Un ancien garage transformé en fournil

L’opération serait inconcevable sans les progrès des techniques de ­panification et l’apparition d’équipements qui concentrent plusieurs opérations et réduisent la pénibilité. David Herbault entend ainsi remplacer trois de ses machines – une diviseuse, une façonneuse, une balancelle – en une seule, qui va se charger de couper, ­calibrer et former les pâtons. Il projette également d’acquérir un robot pâtissier voué à réaliser mécaniquement les crèmes et les pâtes à choux, jusque-là faites à la main, ainsi qu’une ­table sur vérins électriques pouvant s’adapter au travail assis. Le tout ira rejoindre un ancien garage transformé en fournil, d’ores et déjà doté d’une rampe d’accès PMR (personnes à mobilité réduite) et d’un nouveau four avec élévateur électrique.

« J’aime trop mon métier pour arrêter de travailler au premier pépin venu, même si celui-ci n’est pas rien.
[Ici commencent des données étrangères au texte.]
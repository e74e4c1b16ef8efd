ghost use Rattle.std.specs.Prelude.{◌≡◌, ◌+◌, ◌/◌, ◌%◌, ◌^◌, ◌<◌, ◌≤◌, IsTrue, false};
ghost use Rattle.std.specs.Bool.{OnTrue, OnFalse};
ghost use Rattle.iom_bits.specs.Bits.{with_bit};
ghost use Rattle.iom_regs.specs.Table.{is_legal, entries_of};

use crate::busy::Busy;
use crate::directory::{busy_pointer, is_mode, pointer, pointer_after};
use crate::flags::{
    control_settled, cqcsr_after_write, fqcsr_after_write, ipsr_after_write, pending_after,
    turns_on, with_high, with_low,
};
use crate::layout::{
    BEFORE_IPSR, CAPABILITIES, CAPABILITIES_HIGH, CMD_ILL, CQB, CQB_HIGH, CQCSR, CQH, CQMF, CQT,
    DDTP, DDTP_BUSY, DDTP_HIGH, FCTL, FENCE_W_IP, FQB, FQB_HIGH, FQCSR, FQH, FQMF, FQOF, FQT,
    ICVEC, ICVEC_HIGH, IPSR, WSI,
};
use crate::offers::{capabilities, icvec_after_write};
use crate::ring::{Ring, entries};
use crate::vectors::{BLANK, MsiVector};
use crate::views::{CommandErrors, FaultErrors, Mode, Queue, Which};
use iom_bits::{DELAYS, Features, field, has_bit, with_field};
use std::marker::Model;

/// The register file without the rule of pending interrupts: `settle` follows each change.
#[derive(Clone, Copy)]
pub struct MappedRegisters {
    pub(crate) features: Features,
    pub(crate) ddtp: u64,
    /// ddtp when it last settled: requests go by it.
    pub(crate) acting: u64,
    pub(crate) commands: Ring,
    pub(crate) faults: Ring,
    pub(crate) ipsr: u64,
    pub(crate) icvec: u64,
    pub(crate) fctl: u64,
    pub(crate) table: [MsiVector; 4],
}

impl Model for MappedRegisters {
    ghost use Rattle.iom_regs.specs.Table.{Registers};
    ghost use Rattle.iom_regs.specs.Sound.{IsSound};

    ghost Value = { Registers };

    ghost view = { λ r. record {
      features = r.features;
      ddtp = r.ddtp;
      acting = r.acting;
      cqb = r.commands.base;
      cqh = r.commands.head;
      cqt = r.commands.tail;
      fqb = r.faults.base;
      fqh = r.faults.head;
      fqt = r.faults.tail;
      cqcsr = r.commands.control;
      fqcsr = r.faults.control;
      ipsr = r.ipsr;
      icvec = r.icvec;
      fctl = r.fctl;
      table = r.table;
    } };

    ghost inverse = { λ r. record {
      features = r.features;
      ddtp = r.ddtp;
      acting = r.acting;
      commands = record { base = r.cqb; head = r.cqh; tail = r.cqt; control = r.cqcsr };
      faults = record { base = r.fqb; head = r.fqh; tail = r.fqt; control = r.fqcsr };
      ipsr = r.ipsr;
      icvec = r.icvec;
      fctl = r.fctl;
      table = r.table;
    } };

    ghost invariant = { λ r. IsSound (record {
      features = r.features;
      ddtp = r.ddtp;
      acting = r.acting;
      cqb = r.commands.base;
      cqh = r.commands.head;
      cqt = r.commands.tail;
      fqb = r.faults.base;
      fqh = r.faults.head;
      fqt = r.faults.tail;
      cqcsr = r.commands.control;
      fqcsr = r.faults.control;
      ipsr = r.ipsr;
      icvec = r.icvec;
      fctl = r.fctl;
      table = r.table;
    }) };
}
A aucun moment, je me suis dit que je ne reprendrai pas ma vie d’avant », confie Alexis Rousseau. « Dans notre métier, on ne trouve plus personne à embaucher. Quand on a quelqu’un de motivé et de courageux sous la main, on le garde », explique de son côté David Herbault. Pour la première fois depuis qu’il a repris la boulangerie de La Chapelle-Vendômoise, en 2011, il n’a pas trouvé d’apprenti cette année, faute de candidats. Alors en CAP à Blois, Alexis avait fait ses classes ici même, entre 2012 et 2014, avant de s’y faire embaucher en 2018.

Une cagnotte en ligne

L’aménagement du nouveau fournil ne se fera que si David Herbault trouve les fonds nécessaires, soit 180 000 euros. « Un investissement qu’une petite boulangerie de campagne comme la mienne ne peut pas se permettre », dit-il. L’homme a pris sa ­baguette de pèlerin pour sensibiliser les élus des environs afin d’obtenir des aides – sans succès. Il s’est également aventuré dans le maquis de la médecine du travail, des caisses de santé et des fonds d’insertion professionnelle des personnes handicapées dans l’espoir de débloquer des fonds – avec le même résultat pour le moment.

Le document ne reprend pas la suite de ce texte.